Crate cesu8

Expand description

A simple library implementing the CESU-8 compatibility encoding scheme. This is a non-standard variant of UTF-8 that is used internally by some systems that need to represent UTF-16 data as 8-bit characters. Yes, this is ugly.

Use of this encoding is discouraged by the Unicode Consortium. It’s OK for working with existing internal APIs, but it should not be used for transmitting or storing data.

use std::borrow::Cow;
use cesu8::{from_cesu8, to_cesu8};

// 16-bit Unicode characters are the same in UTF-8 and CESU-8.
assert_eq!(Cow::Borrowed("aé日".as_bytes()),
           to_cesu8("aé日"));
assert_eq!(Cow::Borrowed("aé日"),
           from_cesu8("aé日".as_bytes()).unwrap());

// This string is CESU-8 data containing a 6-byte surrogate pair,
// which decodes to a 4-byte UTF-8 string.
let data = &[0xED, 0xA0, 0x81, 0xED, 0xB0, 0x81];
assert_eq!(Cow::Borrowed("\u{10401}"),
           from_cesu8(data).unwrap());

A note about security

As a general rule, this library is intended to fail on malformed or unexpected input. CESU-8 is supposed to be an internal-only format, and if we’re seeing malformed data, we assume that it’s either a bug in somebody’s code, or an attacker is trying to improperly encode data to evade security checks.

If you have a use case for lossy conversion to UTF-8, or conversion from mixed UTF-8/CESU-8 data, please feel free to submit a pull request for from_cesu8_lossy_permissive with appropriate behavior.

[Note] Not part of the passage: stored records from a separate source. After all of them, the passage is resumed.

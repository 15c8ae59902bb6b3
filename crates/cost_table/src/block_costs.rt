//! Costs of blocks.

ghost use Rattle.std.specs.Prelude.{◌≡◌, ◌<◌, ℕ, [], map, length, IfOk};
ghost use Rattle.alf_check.specs.CheckedPrograms.{seen};
ghost use Rattle.cost_table.specs.CostTables.{CostTable, cost_at, one_each, row_at, with_cost};
ghost use Rattle.cost_table.specs.Costs.{IsCostTable};

use alf_check::Checked;
use std::alloc::{AllocError, Global};
use std::marker::Model;

/// A cost for each block of each function. Contracts see it as a `CostTable`.
#[derive(Drop)]
pub struct Costs {
    rows: Vec<Vec<u32>>,
    others: u32,
}

impl Model for Costs {
    ghost use Rattle.std.specs.Prelude.{map};
    ghost use Rattle.cost_table.specs.CostTables.{CostTable};

    ghost Value = { CostTable };

    ghost view = { λ costs. record {
      rows = map (λ row. row.items) costs.rows.items;
      others = costs.others;
    } };
}

impl Costs {
    /// The costs where no file is named: every block costs 1. Takes no memory.
    pub fn ones(alloc: Global) -> Costs
        ensures table { result ≡ one_each }
        ensures ones { (f b : ℕ) → cost_at result f b ≡ 1 }
    {
        Costs {
            rows: Vec::new(alloc),
            others: 1,
        }
    }

    /// The cost of a block of a function, by their numbers. A block that is not there has that of a
    /// block of which no entry speaks. Takes no memory.
    pub fn of(&self, func: u32, block: u32) -> u32
        ensures { result ≡ cost_at self.now func block }
    {
        let Some(row) = self.rows.get(func as usize) else {
            return self.others;
        };
        match row.get(block as usize) {
            Some(cost) => *cost,
            None => self.others,
        }
    }

    // Every block of the program has this cost.
    pub(crate) fn alike(alloc: Global, checked: &Checked, others: u32) -> Result<Costs, AllocError>
        ensures { IfOk result (λ costs. IsCostTable (seen checked.now) others [] costs) }
    {
        let mut rows = Vec::new(alloc);
        for func in 0..checked.func_count() {
            let row = vec![in alloc; others; checked.block_count(func) as usize]?;
            rows.push(row)?;
        }
        Ok(Costs { rows, others })
    }

    // Gives the block this cost.
    pub(crate) fn set(&mut self, func: u32, block: u32, cost: u32)
        requires func { func < length self.old.rows }
        requires block { block < length (row_at self.old func) }
        ensures { self.new ≡ with_cost self.old func block cost }
    {
        let row = &mut self.rows[func as usize];
        row[block as usize] = cost;
    }
}
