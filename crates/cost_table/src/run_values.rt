//! The numbers of a values file.

ghost use Rattle.std.specs.Prelude.{◌≡◌, ◌≢◌, length, map, codes, IfOk, IfErr, string_bytes};
ghost use Rattle.std.specs.Option.{option_map, option_and_then};
ghost use Rattle.std.specs.List.{list_all};
ghost use Rattle.std.specs.BTreeMap.{keys};
ghost use Rattle.toml.specs.Data.{get_member};
ghost use Rattle.toml.specs.View.{table_view, view};
ghost use Rattle.cost_table.specs.declared.fault.TableFault.TheVariants.{Memory};
ghost use Rattle.cost_table.specs.RunValues.{MeansValues, RefusesValues, is_value_top, numbers_in, numbers_of};
ghost use Rattle.cost_table.specs.RunValues.{told_values};

use crate::document::document;
use crate::fault::TableFault;
use alf_check::InputRow;
use std::alloc::{AllocError, Global};
use toml::{Table, Value};

/// The numbers of a values file: those of `values`, in order, one for each row of inputs.
///
/// Nothing else may stand at the top. A number outside the range of its row is no fault of the file.
///
/// Takes time linear in the file.
pub fn values(alloc: Global, bytes: &[u8], rows: &[InputRow]) -> Result<Vec<i64>, TableFault>
    ensures means { IfOk result (λ numbers. MeansValues bytes.now (length rows.now) numbers.items) }
    ensures refused { IfErr result (λ fault. fault ≢ Memory → RefusesValues bytes.now (length rows.now) fault) }
{
    let table = match document(alloc, bytes) {
        Ok(table) => table,
        Err(fault) => return Err(fault),
    };
    let Ok(told) = told(alloc, &table) else {
        return Err(TableFault::Memory);
    };
    let Some(numbers) = told else {
        return Err(TableFault::Key(None));
    };
    if numbers.len() != rows.len() {
        return Err(TableFault::Key(None));
    }
    Ok(numbers)
}

// The numbers, if only `values` stands at the top, with an array of whole numbers.
#[tactic(auto, using(crate::proofs::Seen::only_keys_all))]
fn told(alloc: Global, table: &Table) -> Result<Option<Vec<i64>>, AllocError>
    ensures { IfOk result (λ told. option_map (λ numbers. numbers.items) told ≡ told_values (table_view table.now)) }
{
    if has_value_top(table) {
        numbers_at(alloc, table)
    } else {
        Ok(None)
    }
}

// The whole numbers of the array at `values`.
fn numbers_at(alloc: Global, table: &Table) -> Result<Option<Vec<i64>>, AllocError>
    ensures { IfOk result
        (λ told. option_map (λ numbers. numbers.items) told
        ≡ option_and_then numbers_in (get_member (codes "values") (table_view table.now))) }
{
    match table.get("values") {
        Some(value) => numbers_in(alloc, value),
        None => Ok(None),
    }
}

// Each key at the top is the one that may stand there.
fn has_value_top(table: &Table) -> bool
    ensures { result ≡ list_all (λ key. is_value_top (string_bytes key)) (keys table.now) }
{
    table.keys().all(|key| is_value_top(key.as_str()))
}

// The key is the one that may stand at the top.
fn is_value_top(key: &str) -> bool
    ensures { result ≡ is_value_top key.now }
{
    key == "values"
}

// The whole numbers of an array.
fn numbers_in(alloc: Global, value: &Value) -> Result<Option<Vec<i64>>, AllocError>
    ensures { IfOk result (λ told. option_map (λ numbers. numbers.items) told ≡ numbers_in (view value.now)) }
{
    match value.as_array() {
        Some(values) => numbers_of(alloc, values.as_slice()),
        None => Ok(None),
    }
}

// The whole numbers, if all are.
fn numbers_of(alloc: Global, values: &[Value]) -> Result<Option<Vec<i64>>, AllocError>
    ensures { IfOk result (λ told. option_map (λ numbers. numbers.items) told ≡ numbers_of (map view values.now)) }
{
    let mut numbers = Vec::new(alloc);
    let mut rest = values;
    while let Some((value, others)) = rest.split_first() {
        let Some(number) = value.as_integer() else {
            return Ok(None);
        };
        numbers.push(number)?;
        rest = others;
    }
    Ok(Some(numbers))
}
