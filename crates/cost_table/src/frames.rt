//! Frames that an input may be of.

ghost use Rattle.std.specs.Prelude.{◌≡◌, ◌<◌, ◌+◌, ◌^◌, length};
ghost use Rattle.alf_check.specs.CheckedPrograms.{seen};
ghost use Rattle.cost_table.specs.Inputs.{frame_from, input_frame, is_input_frame};

use alf_check::{Checked, FrameRow};

// The number of the frame of this name among the global frames and the arguments of the root.
pub fn input_frame(checked: &Checked, name: &str) -> Option<u32>
    ensures { result ≡ input_frame (seen checked.now) name.now }
{
    let args = checked.func(checked.root()).args.as_slice();
    checked.keeps();
    frame_from(args, name, 0, checked.frames())
}

// The number of the first of the frames that has the name and is global or among the arguments, where
// the first of all has this number.
fn frame_from(args: &[u32], name: &str, first: u32, frames: &[FrameRow]) -> Option<u32>
    requires { first + length frames.now < 2 ^ 32 }
    ensures { result ≡ frame_from args.now name.now first frames.now }
{
    let (frame, others) = frames.split_first()?;
    if is_input_frame(args, name, first, frame) {
        return Some(first);
    }
    frame_from(args, name, first + 1, others)
}

// The frame of this number has the name and is global or among the arguments.
fn is_input_frame(args: &[u32], name: &str, number: u32, frame: &FrameRow) -> bool
    ensures { result ≡ is_input_frame args.now name.now number frame.now }
{
    if frame.name.bytes() != name.as_bytes() {
        return false;
    }
    frame.owner.is_none() || args.contains(&number)
}
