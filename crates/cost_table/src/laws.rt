//! What the definitions promise, as functions that do nothing when they are called.

ghost use Rattle.cost_table.specs.Laws.{InputsHaveOneAnswer, CostsHaveOneAnswer, RowsKeepTheRules, TasksHaveOneAnswer};
ghost use Rattle.cost_table.specs.Laws.{TasksAreTaskSets, ValuesHaveOneAnswer};

/// For a program an inputs file means one list of rows, or is refused for one fault, and not both; and a
/// costs file one table or one fault. The rows keep the rules that runs ask of rows. Does nothing when it
/// is called.
pub fn a_file_has_one_answer()
    ensures inputs { InputsHaveOneAnswer }
    ensures costs { CostsHaveOneAnswer }
    ensures keep { RowsKeepTheRules }
{}

/// For so many rows a values file means one list of numbers, or is refused for one fault, and not both. Does
/// nothing when it is called.
pub fn a_values_file_has_one_answer()
    ensures { ValuesHaveOneAnswer }
{}

/// A tasks file means one list of tasks, or is refused for one fault, and not both; and the tasks are a task
/// set. Does nothing when it is called.
pub fn a_tasks_file_has_one_answer()
    ensures tasks { TasksHaveOneAnswer }
    ensures keep { TasksAreTaskSets }
{}
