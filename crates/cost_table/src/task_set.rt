//! Tasks.

use flow_base::Name;

/// A task: it releases jobs, at least its period apart. All times are in one unit.
#[derive(Debug, Drop)]
pub struct Task {
    /// What it is called.
    pub name: Name,
    /// The most work of one job.
    pub cost: u32,
    /// The least time from one release to the next.
    pub period: u32,
    /// The time from its release in which a job is due.
    pub deadline: u32,
    /// The smaller number is the higher priority.
    pub priority: u32,
}
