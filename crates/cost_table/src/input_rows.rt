//! The rows of an inputs file.

ghost use Rattle.std.specs.Prelude.{◌≡◌, ◌≢◌, ◌<◌, ◌≤◌, ◌+◌, ◌*◌, ◌++◌, ◌/◌, ℕ, [], length, map, IfOk, IfErr, IfSome};
ghost use Rattle.std.specs.Prelude.{IfNone, OnOk, Some, true, pos, slice_get};
ghost use lib.Signed.{◌≤ℤ◌, ◌<ℤ◌};
ghost use Rattle.alf_faults.specs.Sizes.{is_export_size};
ghost use Rattle.std.specs.Bool.{OnTrue, OnFalse};
ghost use Rattle.std.specs.Option.{option_map};
ghost use Rattle.toml.specs.View.{table_view, view};
ghost use Rattle.alf_check.specs.CheckedPrograms.{seen};
ghost use Rattle.alf_check.specs.Inputs.{KeepInputs};
ghost use Rattle.cost_table.specs.declared.fault.TableFault.TheVariants.{Memory};
ghost use Rattle.cost_table.specs.Entries.{AllRight, IsFirstFault};
ghost use Rattle.cost_table.specs.Inputs.{IsRun, LiesIn, first_row, entry_rows, rows_in, input_judging, input_entries};
ghost use Rattle.cost_table.specs.Inputs.{IsRightInput, IsWrongInput, MeansInputs, RefusesInputs};
ghost use Rattle.cost_table.specs.Marks.{AreMarks, IsMarkedIn, MarksIn, start_of, end_of};

use crate::document::document;
use crate::fault::TableFault;
use crate::frames::input_frame;
use crate::input_entry::{Cells, Run, has_input_top, input_entry, run_of};
use crate::keys::{entries_at, entry_count, nth};
use crate::row_list::add_rows;
use crate::taken::{any_marked, mark};
use alf_check::{Checked, FrameRow, InputRow};
use std::alloc::Global;
use toml::{Table, Value};

/// The rows of an inputs file for a program: those of its entries in order, a row for each cell.
///
/// `[[input]]` entries have `frame`, a text, `offset` in bytes, `size` in bits, `low` and `high`, and
/// `count`, which is 1 where it is absent; all but the name are whole numbers. A frame is global or an
/// argument of the function that the program starts with. The cells follow one another.
///
/// 2^32 entries or more are want of memory. Takes time linear in the file and in the frames, and a mark for each byte
/// of a frame of the greatest size.
pub fn inputs(alloc: Global, bytes: &[u8], checked: &Checked) -> Result<Vec<InputRow>, TableFault>
    ensures means { IfOk result (λ rows. MeansInputs bytes.now (seen checked.now) rows.items) }
    ensures keep { IfOk result (λ rows. KeepInputs (seen checked.now) rows.items) }
    ensures refused { IfErr result (λ fault. fault ≢ Memory → RefusesInputs bytes.now (seen checked.now) fault) }
{
    let table = match document(alloc, bytes) {
        Ok(table) => table,
        Err(fault) => return Err(fault),
    };
    let Some(values) = entries(&table) else {
        return Err(TableFault::Key(None));
    };
    match all_rows(alloc, checked, values) {
        Ok(rows) => Ok(rows),
        Err(fault) => Err(fault),
    }
}

// The entries, if only `input` stands at the top.
#[tactic(auto, using(crate::proofs::Seen::only_keys_all))]
fn entries(table: &Table) -> Option<&[Value]>
    ensures { option_map (λ values. map view values.now) result ≡ input_entries (table_view table.now) }
{
    if has_input_top(table) {
        entries_at(table, "input")
    } else {
        None
    }
}

// The rows of all entries.
fn all_rows(alloc: Global, checked: &Checked, values: &[Value]) -> Result<Vec<InputRow>, TableFault>
    ensures right { OnOk result (AllRight (input_judging (seen checked.now)) (map view values.now)) }
    ensures all { IfOk result (λ rows. rows.items ≡ rows_in (seen checked.now) (map view values.now)) }
    ensures keep { IfOk result (λ rows. KeepInputs (seen checked.now) rows.items) }
    ensures first { IfErr result
        (λ fault. fault ≢ Memory → IsFirstFault (input_judging (seen checked.now)) (map view values.now) fault) }
{
    let Some(count) = entry_count(values) else {
        return Err(TableFault::Memory);
    };
    let mut marks = marks_of(alloc, checked)?;
    let marks = marks.as_mut_slice();
    let mut rows = Vec::new(alloc);
    for place in 0..count {
        if let Err(fault) = add_entry(checked, nth(values, place), place, &mut rows, marks) {
            return Err(fault);
        }
    }
    Ok(rows)
}

// No mark for any byte of the frames.
fn marks_of(alloc: Global, checked: &Checked) -> Result<Vec<bool>, TableFault>
    ensures long { IfOk result (λ marks. length marks.items ≡ length (seen checked.now).frames * 65536) }
    ensures none { IfOk result (λ marks. AreMarks [] marks.items) }
    ensures refused { IfErr result (λ fault. fault ≡ Memory) }
{
    checked.keeps();
    let Ok(marks) = vec![in alloc; false; checked.frames().len() * 65536] else {
        return Err(TableFault::Memory);
    };
    Ok(marks)
}

// Adds the rows of an entry, and marks their bytes.
fn add_entry(
    checked: &Checked,
    value: &Value,
    place: u32,
    rows: &mut Vec<InputRow>,
    marks: &mut [bool],
) -> Result<(), TableFault>
    requires kept { KeepInputs (seen checked.now) rows.old.items }
    requires long { length marks.old ≡ length (seen checked.now).frames * 65536 }
    requires marked { AreMarks rows.old.items marks.old }
    ensures right { OnOk result (IsRightInput (seen checked.now) rows.old.items (view value.now)) }
    ensures more { OnOk result (rows.new.items ≡ rows.old.items ++ entry_rows (seen checked.now) (view value.now)) }
    ensures keep { OnOk result (KeepInputs (seen checked.now) rows.new.items) }
    ensures same_length { OnOk result (length marks.new ≡ length marks.old) }
    ensures marked { OnOk result (AreMarks rows.new.items marks.new) }
    ensures wrong { IfErr result
        (λ fault. fault ≢ Memory → IsWrongInput (seen checked.now) rows.old.items place (view value.now) fault) }
{
    checked.keeps();
    let Some((name, cells)) = input_entry(value) else {
        return Err(TableFault::Key(Some(place)));
    };
    let Some(run) = run_of(&cells) else {
        return Err(TableFault::Range(place));
    };
    let Some(first) = first_cell(checked, name, &cells, run) else {
        return Err(TableFault::NoSuchCell(place));
    };
    if !take(marks, first, run.count) {
        return Err(TableFault::NoSuchCell(place));
    }
    let Ok(()) = add_rows(rows, first, run.count) else {
        return Err(TableFault::Memory);
    };
    Ok(())
}

// The row of the first cell, if all cells lie in their frame.
fn first_cell(checked: &Checked, name: &str, cells: &Cells, run: Run) -> Option<InputRow>
    requires { IsRun cells.now run }
    ensures lies { IfSome result
        (λ row. LiesIn (seen checked.now) (name.now, cells.now) row.frame × (row ≡ first_row cells.now row.frame)) }
    ensures none { IfNone result ((f : ℕ) → ¬ LiesIn (seen checked.now) (name.now, cells.now) f) }
{
    checked.keeps();
    let frame = input_frame(checked, name)?;
    let row = frame_row(checked, frame);
    let Some(offset) = small_offset(cells.offset) else {
        return None;
    };
    if !lie_within(offset, run, row.bits / 8) {
        return None;
    }
    Some(InputRow {
        frame,
        offset,
        size: run.bits,
        low: i128::from(cells.low),
        high: i128::from(cells.high),
    })
}

// The frame of this number.
fn frame_row(checked: &Checked, frame: u32) -> &FrameRow
    requires { frame < length (seen checked.now).frames }
    ensures { slice_get (seen checked.now).frames frame ≡ Some result.now }
{
    &checked.frames()[frame as usize]
}

// The offset, if it is at most 65,536, which no frame passes.
fn small_offset(offset: i64) -> Option<u32>
    ensures some { IfSome result (λ number. (offset ≡ pos number) × (number ≤ 65536)) }
    ensures none { IfNone result (pos 0 ≤ℤ offset → pos 65536 <ℤ offset) }
{
    if offset < 0 || offset > 65536 {
        return None;
    }
    Some(offset as u32)
}

// So many cells from the offset on lie in the first bytes of a frame.
fn lie_within(offset: u32, run: Run, bytes: u32) -> bool
    requires offset { offset ≤ 65536 }
    requires count { run.count ≤ 65536 }
    requires bits { is_export_size run.bits ≡ true }
    ensures within { OnTrue result (offset + run.count * (run.bits / 8) ≤ bytes) }
    ensures beyond { OnFalse result (bytes < offset + run.count * (run.bits / 8)) }
{
    offset + run.count * (run.bits / 8) <= bytes
}

// Marks the bytes of so many cells from the row's on, if none of them has a mark.
fn take(marks: &mut [bool], row: InputRow, count: u32) -> bool
    requires frame { row.frame < 256 }
    requires cells { row.offset + count * (row.size / 8) ≤ 65536 }
    requires within { end_of row count ≤ length marks.old }
    ensures taken { OnTrue result
        (MarksIn marks.old marks.new (start_of row) (end_of row count)
        × ¬ IsMarkedIn marks.old (start_of row) (end_of row count)) }
    ensures met { OnFalse result (IsMarkedIn marks.old (start_of row) (end_of row count)) }
{
    let from = row.frame as usize * 65536 + row.offset as usize;
    let to = from + count as usize * (row.size as usize / 8);
    if any_marked(marks, from, to) {
        return false;
    }
    mark(marks, from, to);
    true
}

Java and U+0000, and other variants

Java uses the CESU-8 encoding as described above, but with one difference: The null character U+0000 is represented as an overlong UTF-8 sequence C0 80. This is supported by the from_java_cesu8 and to_java_cesu8 methods.

Surrogate pairs and UTF-8

The UTF-16 encoding uses “surrogate pairs” to represent Unicode code points in the range from U+10000 to U+10FFFF. These are 16-bit numbers in the range 0xD800 to 0xDFFF.

0xD800 to 0xDBFF: First half of surrogate pair. When encoded as CESU-8, these become 11101101 10100000 10000000 to 11101101 10101111 10111111.
0xDC00 to 0xDFFF: Second half of surrogate pair. These become 11101101 10110000 10000000 to 11101101 10111111 10111111.

Wikipedia explains the code point to UTF-16 conversion process:

Consider the encoding of U+10437 (𐐷):

Subtract 0x10000 from 0x10437. The result is 0x00437, 0000 0000 0100 0011 0111.

Split this into the high 10-bit value and the low 10-bit value: 0000000001 and 0000110111.

Add 0xD800 to the high value to form the high surrogate: 0xD800 + 0x0001 = 0xD801.

Add 0xDC00 to the low value to form the low surrogate: 0xDC00 + 0x0037 = 0xDC37.

Structs

Cesu8DecodingError

The CESU-8 data could not be decoded as valid UTF-8 data.

Functions

from_cesu8

Convert CESU-8 data to a Rust string, re-encoding only if necessary. Returns an error if the data cannot be represented as valid UTF-8.

from_java_cesu8

Convert Java’s modified UTF-8 data to a Rust string, re-encoding only if necessary. Returns an error if the data cannot be represented as valid UTF-8.

is_valid_cesu8

Check whether a Rust string contains valid CESU-8 data.

is_valid_java_cesu8

Check whether a Rust string contains valid Java’s modified UTF-8 data.

to_cesu8

Convert a Rust &str to CESU-8 bytes.

to_java_cesu8

Convert a Rust &str to Java’s modified UTF-8 bytes.